> **EXERCISE**: Copy out, from the data, each line containing the string "derive".

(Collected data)
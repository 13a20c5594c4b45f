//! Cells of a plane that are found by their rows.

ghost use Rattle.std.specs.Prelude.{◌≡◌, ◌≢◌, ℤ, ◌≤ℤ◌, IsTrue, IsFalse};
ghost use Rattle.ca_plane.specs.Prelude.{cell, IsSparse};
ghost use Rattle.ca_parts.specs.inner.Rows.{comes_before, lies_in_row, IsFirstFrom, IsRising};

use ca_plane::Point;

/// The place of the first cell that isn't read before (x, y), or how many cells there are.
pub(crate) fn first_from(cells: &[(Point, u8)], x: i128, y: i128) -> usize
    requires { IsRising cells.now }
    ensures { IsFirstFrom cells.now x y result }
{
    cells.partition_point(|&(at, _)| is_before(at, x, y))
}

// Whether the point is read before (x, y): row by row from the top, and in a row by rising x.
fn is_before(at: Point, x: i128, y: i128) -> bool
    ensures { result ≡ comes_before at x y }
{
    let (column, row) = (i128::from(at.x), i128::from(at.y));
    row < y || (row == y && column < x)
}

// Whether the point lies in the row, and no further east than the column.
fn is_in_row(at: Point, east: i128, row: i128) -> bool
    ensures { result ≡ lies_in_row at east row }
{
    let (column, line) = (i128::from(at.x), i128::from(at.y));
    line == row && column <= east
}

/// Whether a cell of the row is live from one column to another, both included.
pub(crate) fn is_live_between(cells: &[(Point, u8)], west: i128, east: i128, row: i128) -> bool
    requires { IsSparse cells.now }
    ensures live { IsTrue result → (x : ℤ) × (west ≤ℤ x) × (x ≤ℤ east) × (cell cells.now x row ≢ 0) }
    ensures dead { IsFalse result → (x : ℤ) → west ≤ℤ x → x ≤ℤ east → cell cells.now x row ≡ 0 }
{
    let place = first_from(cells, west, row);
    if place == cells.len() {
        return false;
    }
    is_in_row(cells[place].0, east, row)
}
* * *
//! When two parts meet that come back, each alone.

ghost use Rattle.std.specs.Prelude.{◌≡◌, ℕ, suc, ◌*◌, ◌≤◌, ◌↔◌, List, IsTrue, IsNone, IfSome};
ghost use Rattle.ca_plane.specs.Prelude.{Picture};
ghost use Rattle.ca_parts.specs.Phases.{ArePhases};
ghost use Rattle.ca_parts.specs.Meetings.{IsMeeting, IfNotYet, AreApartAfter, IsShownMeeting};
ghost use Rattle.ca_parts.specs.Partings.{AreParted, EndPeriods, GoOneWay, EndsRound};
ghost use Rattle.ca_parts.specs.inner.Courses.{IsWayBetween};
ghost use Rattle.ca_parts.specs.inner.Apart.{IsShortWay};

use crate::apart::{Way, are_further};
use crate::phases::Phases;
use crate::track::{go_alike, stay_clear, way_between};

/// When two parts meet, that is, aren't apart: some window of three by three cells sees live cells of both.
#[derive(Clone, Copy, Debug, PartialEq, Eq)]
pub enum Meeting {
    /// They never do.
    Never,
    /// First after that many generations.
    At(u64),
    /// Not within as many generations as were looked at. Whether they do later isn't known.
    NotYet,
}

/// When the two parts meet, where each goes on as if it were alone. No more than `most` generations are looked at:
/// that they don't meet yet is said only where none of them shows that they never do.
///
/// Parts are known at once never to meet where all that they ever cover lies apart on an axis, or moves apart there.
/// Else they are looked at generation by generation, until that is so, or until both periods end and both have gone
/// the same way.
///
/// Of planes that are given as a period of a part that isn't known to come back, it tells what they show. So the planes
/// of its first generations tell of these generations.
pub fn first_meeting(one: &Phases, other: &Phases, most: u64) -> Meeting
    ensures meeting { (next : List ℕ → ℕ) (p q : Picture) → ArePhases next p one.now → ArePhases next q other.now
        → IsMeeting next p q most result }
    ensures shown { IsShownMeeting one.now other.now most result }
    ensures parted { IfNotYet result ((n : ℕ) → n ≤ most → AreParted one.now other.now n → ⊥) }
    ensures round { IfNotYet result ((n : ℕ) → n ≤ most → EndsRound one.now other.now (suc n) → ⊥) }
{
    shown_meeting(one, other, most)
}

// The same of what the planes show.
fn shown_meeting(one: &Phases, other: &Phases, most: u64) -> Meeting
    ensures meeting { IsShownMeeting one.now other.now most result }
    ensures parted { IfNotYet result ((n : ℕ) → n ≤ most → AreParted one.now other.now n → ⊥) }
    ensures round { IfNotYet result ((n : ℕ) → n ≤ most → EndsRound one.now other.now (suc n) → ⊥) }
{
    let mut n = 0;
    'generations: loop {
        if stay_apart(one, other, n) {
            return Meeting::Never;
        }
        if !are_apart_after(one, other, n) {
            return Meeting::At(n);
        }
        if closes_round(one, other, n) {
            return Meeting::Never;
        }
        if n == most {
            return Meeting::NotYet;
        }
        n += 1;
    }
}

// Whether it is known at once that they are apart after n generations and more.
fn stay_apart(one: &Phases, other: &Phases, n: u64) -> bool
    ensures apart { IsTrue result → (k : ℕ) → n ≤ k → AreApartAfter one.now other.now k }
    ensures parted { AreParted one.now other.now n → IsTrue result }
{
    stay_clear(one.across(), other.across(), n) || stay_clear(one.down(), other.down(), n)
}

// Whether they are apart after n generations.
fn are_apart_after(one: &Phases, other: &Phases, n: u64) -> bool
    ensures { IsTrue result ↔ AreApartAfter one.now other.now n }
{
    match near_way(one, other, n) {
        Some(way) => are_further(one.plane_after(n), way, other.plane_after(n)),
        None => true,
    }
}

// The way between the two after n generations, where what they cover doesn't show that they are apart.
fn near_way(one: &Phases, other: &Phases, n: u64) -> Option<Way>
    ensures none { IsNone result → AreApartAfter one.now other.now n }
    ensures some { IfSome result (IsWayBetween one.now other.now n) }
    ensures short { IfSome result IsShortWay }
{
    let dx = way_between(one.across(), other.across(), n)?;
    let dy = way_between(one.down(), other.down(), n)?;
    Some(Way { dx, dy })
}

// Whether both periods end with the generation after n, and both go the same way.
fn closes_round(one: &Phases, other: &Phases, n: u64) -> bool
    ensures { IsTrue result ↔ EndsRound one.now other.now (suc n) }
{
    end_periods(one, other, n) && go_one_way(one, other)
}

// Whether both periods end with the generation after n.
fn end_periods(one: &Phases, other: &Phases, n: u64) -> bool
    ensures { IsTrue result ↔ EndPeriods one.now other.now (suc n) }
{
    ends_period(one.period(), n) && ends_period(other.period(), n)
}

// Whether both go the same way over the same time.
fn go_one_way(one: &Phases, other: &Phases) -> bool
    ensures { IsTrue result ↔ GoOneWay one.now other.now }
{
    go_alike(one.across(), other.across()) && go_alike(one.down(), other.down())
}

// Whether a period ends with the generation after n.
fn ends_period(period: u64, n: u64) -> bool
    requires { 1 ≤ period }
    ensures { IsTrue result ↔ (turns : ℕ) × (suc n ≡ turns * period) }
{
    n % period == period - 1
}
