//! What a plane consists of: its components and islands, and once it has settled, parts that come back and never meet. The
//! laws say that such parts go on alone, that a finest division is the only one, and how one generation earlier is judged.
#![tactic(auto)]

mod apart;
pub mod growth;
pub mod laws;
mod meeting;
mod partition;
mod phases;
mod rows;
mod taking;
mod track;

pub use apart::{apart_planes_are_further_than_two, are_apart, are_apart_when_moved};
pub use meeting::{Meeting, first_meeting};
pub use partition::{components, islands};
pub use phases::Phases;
---
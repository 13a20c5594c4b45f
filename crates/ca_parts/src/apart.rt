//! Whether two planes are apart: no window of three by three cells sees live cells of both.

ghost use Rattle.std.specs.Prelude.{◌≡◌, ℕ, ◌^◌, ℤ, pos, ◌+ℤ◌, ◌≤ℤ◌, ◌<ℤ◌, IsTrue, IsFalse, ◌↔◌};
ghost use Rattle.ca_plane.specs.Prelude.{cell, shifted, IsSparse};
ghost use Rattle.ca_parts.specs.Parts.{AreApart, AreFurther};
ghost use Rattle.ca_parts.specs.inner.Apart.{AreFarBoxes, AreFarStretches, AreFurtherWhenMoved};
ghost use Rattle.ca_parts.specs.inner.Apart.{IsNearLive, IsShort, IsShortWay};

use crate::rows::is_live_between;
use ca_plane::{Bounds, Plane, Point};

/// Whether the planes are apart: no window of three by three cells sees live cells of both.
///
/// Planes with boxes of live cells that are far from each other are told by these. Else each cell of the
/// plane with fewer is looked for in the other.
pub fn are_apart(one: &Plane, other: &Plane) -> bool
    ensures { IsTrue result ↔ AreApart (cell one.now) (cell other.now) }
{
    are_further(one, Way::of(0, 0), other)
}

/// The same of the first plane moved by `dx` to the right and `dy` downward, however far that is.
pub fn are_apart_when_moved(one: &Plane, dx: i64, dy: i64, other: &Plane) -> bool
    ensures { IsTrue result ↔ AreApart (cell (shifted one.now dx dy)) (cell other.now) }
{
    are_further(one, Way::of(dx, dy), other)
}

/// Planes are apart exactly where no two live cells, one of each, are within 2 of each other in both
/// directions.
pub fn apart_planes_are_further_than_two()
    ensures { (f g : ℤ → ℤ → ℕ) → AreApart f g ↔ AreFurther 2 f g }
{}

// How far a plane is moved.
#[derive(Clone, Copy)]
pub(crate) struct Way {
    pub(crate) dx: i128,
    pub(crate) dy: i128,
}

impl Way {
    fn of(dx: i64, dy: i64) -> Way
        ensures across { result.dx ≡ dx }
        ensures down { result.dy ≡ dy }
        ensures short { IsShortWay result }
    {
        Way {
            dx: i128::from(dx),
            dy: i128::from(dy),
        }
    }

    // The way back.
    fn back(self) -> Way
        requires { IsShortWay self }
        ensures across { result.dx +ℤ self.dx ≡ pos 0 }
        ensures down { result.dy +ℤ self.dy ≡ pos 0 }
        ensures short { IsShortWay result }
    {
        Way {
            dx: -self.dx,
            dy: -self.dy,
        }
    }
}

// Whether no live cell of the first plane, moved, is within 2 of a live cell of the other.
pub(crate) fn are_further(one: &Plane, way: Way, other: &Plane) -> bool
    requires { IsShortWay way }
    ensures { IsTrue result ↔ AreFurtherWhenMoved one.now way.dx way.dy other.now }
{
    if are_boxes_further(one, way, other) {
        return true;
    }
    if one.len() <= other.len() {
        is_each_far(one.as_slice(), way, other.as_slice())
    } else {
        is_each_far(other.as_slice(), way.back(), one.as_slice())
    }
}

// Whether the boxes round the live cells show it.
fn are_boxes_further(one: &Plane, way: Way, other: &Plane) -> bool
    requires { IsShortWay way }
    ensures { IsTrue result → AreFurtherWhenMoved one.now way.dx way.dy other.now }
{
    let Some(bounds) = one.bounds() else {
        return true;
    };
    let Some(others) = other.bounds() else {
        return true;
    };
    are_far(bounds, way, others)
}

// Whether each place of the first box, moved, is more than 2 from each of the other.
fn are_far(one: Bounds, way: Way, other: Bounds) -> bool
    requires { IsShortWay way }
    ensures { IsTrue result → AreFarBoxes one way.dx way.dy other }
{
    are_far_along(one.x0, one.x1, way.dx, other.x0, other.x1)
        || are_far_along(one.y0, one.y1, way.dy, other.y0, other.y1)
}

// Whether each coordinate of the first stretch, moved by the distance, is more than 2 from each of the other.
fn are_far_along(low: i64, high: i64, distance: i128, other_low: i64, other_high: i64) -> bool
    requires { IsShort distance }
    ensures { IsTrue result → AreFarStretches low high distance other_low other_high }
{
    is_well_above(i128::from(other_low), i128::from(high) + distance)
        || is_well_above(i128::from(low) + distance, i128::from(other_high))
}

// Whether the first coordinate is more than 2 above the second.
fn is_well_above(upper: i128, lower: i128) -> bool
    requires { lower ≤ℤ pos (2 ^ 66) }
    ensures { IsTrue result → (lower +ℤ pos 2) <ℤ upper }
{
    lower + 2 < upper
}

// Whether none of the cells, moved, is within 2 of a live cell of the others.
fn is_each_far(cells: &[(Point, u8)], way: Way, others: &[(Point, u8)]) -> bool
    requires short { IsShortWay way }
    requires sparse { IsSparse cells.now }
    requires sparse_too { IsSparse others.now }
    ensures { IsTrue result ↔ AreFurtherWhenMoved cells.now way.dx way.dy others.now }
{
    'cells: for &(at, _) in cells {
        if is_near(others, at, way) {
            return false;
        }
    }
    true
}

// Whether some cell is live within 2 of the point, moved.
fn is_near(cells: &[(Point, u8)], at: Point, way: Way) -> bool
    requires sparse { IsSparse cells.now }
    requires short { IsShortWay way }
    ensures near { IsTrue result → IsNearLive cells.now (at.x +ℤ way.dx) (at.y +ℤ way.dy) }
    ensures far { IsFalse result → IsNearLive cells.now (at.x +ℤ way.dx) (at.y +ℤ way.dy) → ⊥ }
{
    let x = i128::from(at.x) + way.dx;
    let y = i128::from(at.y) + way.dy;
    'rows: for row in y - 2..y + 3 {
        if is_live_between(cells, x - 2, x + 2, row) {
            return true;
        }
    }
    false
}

> **RESULT BELOW**:
#[derive(Clone, Copy, Debug, PartialEq, Eq)]
#[derive(Clone, Copy)]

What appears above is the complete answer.